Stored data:
**********
ghost use Rattle.std.specs.Prelude.{◌≡◌, ℕ, ◌+◌, ◌*◌, ◌/◌, ◌%◌, ◌^◌, ◌<◌, ◌≤◌, ◌↔◌, ◌==◌, length, slice_index, if◌then◌else◌, IsTrue, IsNone, IfSome};
ghost use Rattle.std.specs.Simd.Lanes.{number_l};
ghost use Rattle.line_lanes.specs.Lane.{lane_of, with_lane_of, lanes_of, lanes_total, lane_sums, OverflowsAtSomeLane};
ghost use Rattle.line_lanes.specs.Mask.{placed_mask};

use crate::half::{halves, joined};
use crate::line::{Line64, Mask};
use crate::write::{run_of_bits, write_at};
use std::simd::{u8x8, u8x32, u64x1, u64x4};

/// The lane of each byte of the low half.
const LOW_LANES: [u8; 32] = [
    0, 0, 0, 0, 0, 0, 0, 0, 1, 1, 1, 1, 1, 1, 1, 1, 2, 2, 2, 2, 2, 2, 2, 2, 3, 3, 3, 3, 3, 3, 3, 3,
];

/// The lane of each byte of the high half.
const HIGH_LANES: [u8; 32] = [
    4, 4, 4, 4, 4, 4, 4, 4, 5, 5, 5, 5, 5, 5, 5, 5, 6, 6, 6, 6, 6, 6, 6, 6, 7, 7, 7, 7, 7, 7, 7, 7,
];

/// Returns lane `k`: the little-endian number of bytes 8k to 8k + 7.
#[inline]
pub fn lane(line: &Line64, k: usize) -> u64
    requires { k < 8 }
    ensures { result ≡ lane_of line.now.bytes k }
{
    number_of(u8x8::from_slice(&line.bytes[8 * k..]))
}

/// Returns the line with `value` in lane `k`, and with every other lane unchanged.
#[inline]
pub fn with_lane(line: &Line64, k: usize, value: u64) -> Line64
    requires { k < 8 }
    ensures { result.bytes ≡ with_lane_of line.now.bytes k value }
{
    let (low, high) = halves(line);
    let value = repeated(value);
    joined(
        replaced(low, u8x32::from_array(LOW_LANES), k as u8, value),
        replaced(high, u8x32::from_array(HIGH_LANES), k as u8, value),
    )
}

/// Puts `value` into lane `k`, and returns the mask of that lane.
///
/// It stores eight bytes, while a masked write by `merge` stores all 64.
#[inline]
pub fn set_lane(line: &mut Line64, k: usize, value: u64) -> Mask
    requires { k < 8 }
    ensures line { line.new.bytes ≡ with_lane_of line.old.bytes k value }
    ensures mask { result.0 ≡ placed_mask (8 * k) 8 }
{
    write_at(&mut line.bytes, 8 * k, &value.to_le_bytes());
    Mask(run_of_bits(8 * k, 8))
}

/// Returns the sum of the eight lanes, which always fits.
#[inline]
pub fn lane_sum(line: &Line64) -> u128
    ensures { result ≡ lanes_total line.now.bytes }
{
    let (low, high) = halves(line);
    sum_of(wide(low)) + sum_of(wide(high))
}

/// Adds two lines lane by lane. Returns `None` exactly if one of the eight sums is more than `u64::MAX`.
#[inline]
pub fn add_lanes(a: &Line64, b: &Line64) -> Option<Line64>
    ensures none { IsNone result ↔ OverflowsAtSomeLane a.now.bytes b.now.bytes }
    ensures sums { IfSome result (λ r. lanes_of r.bytes ≡ lane_sums a.now.bytes b.now.bytes) }
{
    let (a_low, a_high) = halves(a);
    let (b_low, b_high) = halves(b);
    let (a_low, a_high) = (wide(a_low), wide(a_high));
    let (b_low, b_high) = (wide(b_low), wide(b_high));
    if overflows(a_low, b_low) {
        return None;
    }
    if overflows(a_high, b_high) {
        return None;
    }
    Some(joined(narrow(added(a_low, b_low)), narrow(added(a_high, b_high))))
}

/// Returns the little-endian number of eight bytes.
fn number_of(bytes: u8x8) -> u64
    ensures { result ≡ number_l 256 bytes }
{
    u64x1::from_le_bytes(bytes).to_array()[0]
}

/// Returns the four lanes of half a line.
fn wide(half: u8x32) -> u64x4
    ensures { (k : ℕ) → k < 4 → slice_index result k ≡ lane_of half k }
{
    u64x4::from_le_bytes(half)
}

/// Returns the half of a line that has these four lanes.
fn narrow(lanes: u64x4) -> u8x32
    ensures len { length result ≡ 32 }
    ensures lanes { (k : ℕ) → k < 4 → lane_of result k ≡ slice_index lanes k }
{
    lanes.to_le_bytes()
}

/// Returns the half of a line that has the value in each of its lanes.
fn repeated(value: u64) -> u8x32
    ensures len { length result ≡ 32 }
    ensures bytes { (i : ℕ) → i < 32 → slice_index result i ≡ value / 256 ^ (i % 8) % 256 }
{
    u64x4::splat(value).to_le_bytes()
}

/// Returns the half with the bytes of `value` at each place whose lane is `k`.
fn replaced(half: u8x32, lanes: u8x32, k: u8, value: u8x32) -> u8x32
    ensures len { length result ≡ 32 }
    ensures bytes { (i : ℕ) → i < 32 → slice_index result i
        ≡ (if slice_index lanes i == k then slice_index value i else slice_index half i) }
{
    lanes.simd_eq(u8x32::splat(k)).select(value, half)
}

/// Returns the sum of four lanes.
fn sum_of(lanes: u64x4) -> u128
    ensures total { result ≡ slice_index lanes 0 + slice_index lanes 1 + slice_index lanes 2
        + slice_index lanes 3 }
    ensures bound { result < 2 ^ 66 }
{
    let [first, second, third, fourth] = lanes.to_array();
    u128::from(first) + u128::from(second) + u128::from(third) + u128::from(fourth)
}

/// Returns `true` if the sum of some lane is more than `u64::MAX`.
fn overflows(a: u64x4, b: u64x4) -> bool
    ensures { IsTrue result ↔ (k : ℕ) × (k < 4) × (2 ^ 64 ≤ slice_index a k + slice_index b k) }
{
    a.simd_gt(!b).any()
}

/// Returns the sum of each lane.
fn added(a: u64x4, b: u64x4) -> u64x4
    requires { (k : ℕ) → k < 4 → slice_index a k + slice_index b k < 2 ^ 64 }
    ensures { (k : ℕ) → k < 4 → slice_index result k ≡ slice_index a k + slice_index b k }
{
    a.strict_add(b)
}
**********
§ REQUIRED ACTION
Wherever the word "ghost" appears in a line of the records, count that line. Say how many there are, with no other words.

§ WRITTEN ANSWER
4